Upon opening a specific file, the read process is initiated once more. The program sends the specific file location to the USB port, which requests the flash drive for the desired location. Another 'read' is performed, and the file content is returned in a binary format representing the content. The binary data is then returned to the USB port. The driver interprets the data and sends it to the program for output on the screen.

Writing is similar to reading, but in this case, instead of requesting a location, the program writing the file converts it into a binary format, which is then sent to the USB port for forwarding it to the flash drive for writing. Once the process is completed, the computer requests a fresh copy of the layout so that it can easily access the newly written file in the future.

Buying a USB Flash Drive on eBay

Start the USB flash drive hunt from the eBay home page, which is a convenient way of getting down to the desired product in no time. Enter your query into the search bar and shortlist the results based on your personal preferences by simple selection of various filter and category options. For some search terms, eBay suggests some related searches as well that may facilitate the buying process. Some search terms for this example could be USB flash drive, flash drive, and USBs.

Always remember to begin the hunt using your locality as a filter so you can save on delivery charges if you are lucky enough to find the item you want in your area. This can easily be done by entering your postcode on the results page. In a successful case scenario where you find the product locally, you can pick up the order at a convenient time as soon as the order is successfully processed. Another recommended practice is to go through the feedback and reviews to get a better feel for the seller and his or her business practices.

Conclusion

'Universal Serial Bus' (USB) is an industry standard for communicating with a computer, while a 'USB flash drive' is a popular and easy-to-use data storage device. It has several common names, including jump drive, thumb drive, memory stick, pen drive, key drive, or simply a USB. It uses flash memory and an integrated USB interface, hence the term USB flash drive. The USB 'plug' on a flash drive connects it with the USB 'port' on another device, such as a computer.

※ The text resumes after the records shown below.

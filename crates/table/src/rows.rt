// The rows of a table and their rule (docs/SPECIFICATION.md §2.1).
ghost use Rattle.std.specs.Prelude.{◌≡◌, ◌<◌, length};
ghost use Rattle.table.specs.Rows.{tasks_of, broken, FirstBroken, Row, Fit, FitRow};
ghost use Rattle.table.specs.Words.{words_with};

// A row: C, the longest run (worst-case execution time); T, the least time between arrivals (period); D, the time from
// arrival to deadline (relative deadline).
#[derive(Clone, Copy)]
pub struct Task {
    pub run: u64,
    pub period: u64,
    pub deadline: u64,
}

// Row i. Its callers loop over the rows that there are.
pub fn row_at(words: &[u32], i: usize) -> Task
    requires { i < (tasks_of words.now).rows }
    ensures { Row (tasks_of words.now) i result }
{
    let at = 3 * i;
    let run = u64::from(words[at]);
    let period = u64::from(words[at + 1]);
    let deadline = u64::from(words[at + 2]);
    Task {
        run,
        period,
        deadline,
    }
}

// Whether row i breaks its rule, 1 ≤ C ≤ D ≤ T ≤ 1,000,000.
fn breaks(words: &[u32], i: usize) -> bool
    requires { i < (tasks_of words.now).rows }
    ensures { result ≡ broken (tasks_of words.now) i }
{
    let k = row_at(words, i);
    k.run < 1 || k.deadline < k.run || k.period < k.deadline || 1000000 < k.period
}

pub fn count(words: &[u32]) -> usize
    ensures { result ≡ (tasks_of words.now).rows }
{
    words.len() / 3
}

// The first row that breaks its rule, if one does.
pub fn first_broken(words: &[u32]) -> Option<usize>
    ensures { FirstBroken (tasks_of words.now) result }
{
    for i in 0..count(words) {
        if breaks(words, i) {
            return Some(i);
        }
    }
    None
}

// Row i of a table whose rows keep their rule, which bounds its numbers. Internal: its callers have tested that.
pub fn fit_row(words: &[u32], i: usize) -> Task
    requires { Fit (tasks_of words.now) × (i < (tasks_of words.now).rows) }
    ensures { FitRow (tasks_of words.now) i result }
{
    row_at(words, i)
}

// The numbers of row i of a table that is read row by row into 48 places. Internal: its callers count the rows.
pub fn put_row(words: &mut [u32], i: usize, run: u32, period: u32, deadline: u32)
    requires { (length words.old ≡ 48) × (i < 16) }
    ensures { words.new ≡ words_with words.old i run period deadline }
{
    words[3 * i] = run;
    words[3 * i + 1] = period;
    words[3 * i + 2] = deadline;
}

The storage capacity of USB flash drives is increasing at a rapid pace with advancements in technology. As of the first quarter of 2013, the storage capacity has reached the 1 TB mark. Several components of a USB flash drive are essential to its operation, while others can be regarded as add-ons and extra features that vary from model to model. Understanding USB flash drives and personal needs is critical to choosing the right drive. USB flash drives can be purchased at computer hardware stores as well as online. eBay features a huge selection of USB flash drives for a variety of needs.